Which is neither here nor there, because of course now we had to run after him. He was with other delegates who had arrived to attend a seminar, on some topic that the meagre intellect of Rainbeau Peep chose not to grasp. So we jumped up, snatched term papers, blew nose furiously and prepared to sprint. And this is what ensued. The asides and things muttered under one's breath and thought to oneself are in italics.
Squee(wide-eyed and prepared to negotiate any form of penalty imposed for late submission): Will you two hurry up? We're losing him!
Bab'ly(blushing, eyes half-shut, either in love-longing, or she was trying to spot where He was going): ooh, giggles.
Rainbeau(huffing and puffing and trying to draw attention to the fact that once again, she was on the verge of death and too fat to sprint): Listen, do you realise we're stalking the man? Shouldn't we ... uhm ... holler?
B(grinning like a pleased cheshire cat): Oh, I've been stalking him for the last 3 years. I'm used to this.
R(wondering where her kerchief went, looking slyly at Bab'ly's kurti): Woman, we do not share your obsession!
R(stirred to action): Bab'ly, go go, you love him, he adores you, it's the perfect setting! Pounce and we're right behind you!
B(moony and on the verge of passion-spasms): Oooh, look at him walk, look at the way the sun rays adorn his perfect salt-n-pepper hair. When I string him a crown of flowers, shall I use jNui or gNyada? (half-swoon followed by reckless giggling)
S(squirrel-like radiance be damned, Hellfire riseth): Our Father who art in Heaven ... Lead me not into temptation, but deliver me from evil ...
R(ever the .. er ... plotician): Ok, Squee, you look innocent, professors smile at you. You go, we'll look over your shoulder and smile like angels. Tell him we've been looking for him since eternity. Tell him the papers are dynamite. Tell him hemlock is nothing compared to what we have for him. Forget nothing, reveal all! Ask him if we should drop 'em into his pigeon-hole in the office.
S(rolling eyes): Fat conniving ______
B(ok, you really just had to be there): Giggles, hohoho, heehaw. Oooh, I'm so nervous!
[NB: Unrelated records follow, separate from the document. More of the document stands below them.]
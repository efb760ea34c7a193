//! Asks that were answered before they were handed out.

ghost use Rattle.std.specs.Prelude.{◌≡◌, ◌++◌, ◌∷◌, [], MatchOption, OnOk, OnErr, min, sum_by};
ghost use Rattle.half_machine.specs.Beside.{ask_size};

use crate::beside::asks_size;
use ext_msgs::Ask;
use std::alloc::{AllocError, Global};
use std::collections::VecDeque;
use std::marker::Model;

/// Asks that wait to be handed out, though they are answered and nothing else of them is kept: oldest first.
#[derive(Drop)]
pub struct Ready {
    asks: VecDeque<Ask>,
}

impl Model for Ready {
    ghost use Rattle.std.specs.Prelude.{List};
    ghost use Rattle.ext_msgs.specs.declared.ask.Ask.{Ask};

    ghost Value = { List Ask };

    ghost view = { λ r. r.asks.items };
}

impl Ready {
    /// None. It takes no memory.
    pub fn new(alloc: Global) -> Ready
        ensures { result ≡ [] }
    {
        Ready {
            asks: VecDeque::new(alloc),
        }
    }

    /// Adds an ask at the end, or leaves them as they were.
    pub fn push(&mut self, ask: Ask) -> Result<(), AllocError>
        ensures pushed { OnOk result (self.new ≡ self.old ++ ask ∷ []) }
        ensures unchanged { OnErr result (self.new ≡ self.old) }
    {
        self.asks.push_back(ask)?;
        Ok(())
    }

    /// How many bytes they have, or 2^64 - 1 where there are more.
    pub fn size(&self) -> u64
        ensures { result ≡ min (sum_by ask_size self.now) 18_446_744_073_709_551_615 }
    {
        let size = asks_size(&self.asks);
        size
    }

    /// Takes the oldest.
    pub fn take(&mut self) -> Option<Ask>
        ensures { MatchOption result ((self.old ≡ []) × (self.new ≡ [])) (λ ask. self.old ≡ ask ∷ self.new) }
    {
        self.asks.pop_front()
    }
}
We're soooooooo dead! (yea, she said it like being killed by Him was equivalent to a really good .. er ... uhm ... organism? ... uhm ... chocolate. chocolate.)
So then, Squee does a hoopla and canters up to Him. She pauses half a second to paste the Angelic Smile. If you'd seen Squee, you would know what I mean. That woman is an adorable devil in disguise. Very useful to us, therefore.
S(buck-toothed and beaming): Uhh, SIR?!?!
He-who-leaves-ze-fish-scrounging-4-her-gills(startled swirl): Eh? (very very wary)
B(gasping for breath, a loony toon): S-S-S-S-SIR! (yes, like S-s-s--rook khan)
R(sniffing and coughing in self defense): Er ... (hand outstretched)
S(undaunted): Sir, we were wondering ... (oh dear, she lost the thread!) .. term ... glub glub ...
B(hysterical): He loves me, he loves me not... he loves me ... (of course, she was saying it in Greek)
R(not to be left out of the action, violently swinging arms and other flabby parts of torso): Sir! Pigeon? But, Sir Sir! Pigeon!
Bemused Delegates accompanying Him: Aah, girls these days, I tell you!
He-who-etc: Hain dao (mildly embarassed)
Rainbeau catches hold of a swooning Fish.
p.s.:- Should there be no posts following this one, dear readers, point all fingers at Babelfish, and look for my bloated carcass in the JU jheel, where the Fish conducts various nefarious activities, most popular of them being to dunk unknowing batchmates into cold and filthy water.